Related Work & Insights¶
- vs. GlobalGC: Both are norm-based and clip gradients rather than updates. However, GlobalGC is global with a fixed threshold, while AdaGC is per-tensor with an EMA adaptive threshold, fixing both temporal and spatial mismatches while saving communication.
- vs. ZClip: ZClip also uses EMA but tracks the global gradient norm and performs z-score anomaly detection. AdaGC operates at the tensor level, outperforming ZClip on Qwen3 (spike score 0.0053 vs. 0.0421).
- vs. AGC / Clippy: These use weights as thresholds and clip updates \(\Delta_t\) rather than gradients, allowing abnormal gradients to pollute moments before clipping. AdaGC intercepts at the source.
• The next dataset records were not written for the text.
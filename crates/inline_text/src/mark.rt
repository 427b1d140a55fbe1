//! The next byte at which a search stops, or `=`, where marked text is on.
ghost use Rattle.std.specs.Prelude.{◌<◌, ◌≡◌, length, true};
ghost use Rattle.inline_text.specs.Mark.{stops_with, IsStopWith};

use crate::letters::{StopBytes, is_extra_or_letters};
use text_search::ByteTest;

/// How many bytes come before the first that the set holds, before the first `=`, or before the first
/// extra byte or two letters where literals are on: all of them, where none does.
pub(crate) fn next_of_or_equals(has_literals: bool, bytes: &[u8], stops: StopBytes) -> usize
    ensures { IsStopWith has_literals true stops bytes.now result }
{
    let mut at = 0;
    while at < bytes.len() {
        if stops_at(has_literals, bytes, at, stops) {
            return at;
        }
        at += 1;
    }
    at
}

/// Whether one of these stands at a place.
fn stops_at(has_literals: bool, bytes: &[u8], at: usize, stops: StopBytes) -> bool
    requires { at < length bytes.now }
    ensures { result ≡ stops_with has_literals true stops bytes.now at }
{
    let next = if bytes.len() - at > 1 {
        bytes[at + 1]
    } else {
        0
    };
    stops.set.passes(bytes[at])
        || bytes[at] == b'='
        || (has_literals && is_extra_or_letters(stops.extra, bytes[at], next))
}
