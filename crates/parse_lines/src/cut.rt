//! Where a text is cut. A cut inside of a character or beyond the end gives nothing.
ghost use Rattle.std.specs.Prelude.{◌≡◌, ◌-◌, ◌≤◌, IsTrue, drop, length, slice_index, take};
ghost use Rattle.std.specs.Str.{IsCharBoundary};

/// The text from a place on.
pub fn from(text: &str, start: usize) -> &str
    ensures shorter { length result.now ≤ length text.now - start }
    ensures rest { IsCharBoundary text.now start → result.now ≡ drop start text.now }
{
    if is_between(text, start) {
        &text[start..]
    } else {
        ""
    }
}

/// The text before a place.
pub fn up_to(text: &str, end: usize) -> &str
    ensures front { IsCharBoundary text.now end → result.now ≡ take end text.now }
{
    if is_between(text, end) {
        &text[..end]
    } else {
        ""
    }
}

/// Bytes from a place on.
pub fn bytes_from(bytes: &[u8], start: usize) -> &[u8]
    ensures shorter { length result.now ≤ length bytes.now - start }
    ensures rest { result.now ≡ drop start bytes.now }
{
    if start <= bytes.len() {
        &bytes[start..]
    } else {
        &[]
    }
}

/// Bytes before a place.
pub fn bytes_up_to(bytes: &[u8], end: usize) -> &[u8]
    ensures { result.now ≡ take end bytes.now }
{
    if end <= bytes.len() {
        &bytes[..end]
    } else {
        bytes
    }
}

/// The first byte, or 0 if there is none.
pub fn first(bytes: &[u8]) -> u8
    ensures { result ≡ slice_index bytes.now 0 }
{
    if bytes.is_empty() { 0 } else { bytes[0] }
}

/// Whether a place stands between two characters of a text, or at its end.
fn is_between(text: &str, place: usize) -> bool
    ensures is { IsTrue result → IsCharBoundary text.now place }
    ensures each { IsCharBoundary text.now place → IsTrue result }
{
    if place >= text.len() {
        return place == text.len();
    }
    let byte = text.as_bytes()[place];
    byte < 128 || byte >= 192
}
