//! The machine of the blocks of a text.
ghost use Rattle.std.specs.Prelude.{length};
ghost use Rattle.markdown_engine.specs.Resolving.{resolves_nothing, settles_whole};
ghost use Rattle.engine_programs.specs.Bodies.{step_by};
ghost use Rattle.engine_programs.specs.Stacks.{program_rank, program_valid};
ghost use Rattle.state_flow.specs.Flows.{flows_bodies, flows_sorts};
ghost use Rattle.state_flow.specs.declared.flows.Flows.{Flows};
ghost use Rattle.state_flow.specs.FlowsLaws.{flows_lawful, flows_resolve};

use markdown_engine::state::{Name, State};
use markdown_engine::subresult::Subresult;
use markdown_engine::tokenizer::{Machine, Tokenizer};
use markdown_engine::{Message, resolve};
use markdown_options::Tables;
use state_table::block::{Group, group_of};
use std::alloc::Allocator;

/// The machine of the blocks of a text.
#[derive(Clone, Copy, Debug, PartialEq, Eq)]
pub struct Flows;

impl<T: Tables> Machine<T> for Flows {
    ghost Seen = { Flows };

    ghost seen = { λ machine. machine };

    ghost step = { λ x. step_by (flows_bodies x) };

    ghost valid = { λ x. program_valid flows_sorts 64 (length x.bytes) };

    ghost rank = { λ x. program_rank flows_sorts 64 (length x.bytes) };

    ghost resolved = { λ x. resolves_nothing };

    ghost settled = { λ x. settles_whole };

    #[tactic(auto, using(crate::specs::FlowsLaws::flows_open), unfolding(crate::specs::Flows::flows_bodies))]
    fn call<'a, A: Allocator>(tokenizer: &mut Tokenizer<'a, Self, T, A>, name: Name) -> State {
        match name {
            Name::Inline(state) => match state_table::group_of(state) {
                state_table::Group::Labels => state_labels::call(tokenizer, state),
                _ => State::Nok,
            },
            Name::Block(state) => match group_of(state) {
                Group::Content => state_content::call(tokenizer, state),
                Group::Leaves => state_flow_leaves::call(tokenizer, state),
                Group::Html => state_flow_html::call(tokenizer, state),
                Group::Table => state_flow_table::call(tokenizer, state),
                Group::Flow => crate::call(tokenizer, state),
                _ => State::Nok,
            },
        }
    }

    fn resolve<'a, A: Allocator + Clone>(
        _tokenizer: &mut Tokenizer<'a, Self, T, A>,
        _name: resolve::Name,
    ) -> Result<Option<Subresult<A>>, Message> {
        Ok(None)
    }

    ghost lawful = { λ x. flows_lawful x };

    ghost resolving = { λ x. flows_resolve x };
}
- vs. SPAM: SPAM relies on momentum resets and element-wise clipping based on second moments. AdaGC achieves better zero-shot accuracy on Llama-2 1.3B/7B (46.33%/51.01% vs. 45.58%/48.85%) with a simpler mechanism.
Rating¶
- Novelty: ⭐⭐⭐⭐ Shifting from global clipping to per-tensor EMA adaptivity is a simple yet effective modification with a clear gradient-centric perspective.
- Experimental Thoroughness: ⭐⭐⭐⭐ Coverage of multiple architectures, optimizers, and baselines using both spike scores and downstream accuracy, though pretraining runs are relatively short.
- Writing Quality: ⭐⭐⭐⭐ Motivation (mismatch) and principles (locality/adaptivity) are clearly explained. Table 2 provides an excellent comparison.
- Value: ⭐⭐⭐⭐⭐ Plug-and-play, optimizer-agnostic, near-zero overhead, and communication-saving. High value for practical LLM pretraining deployment.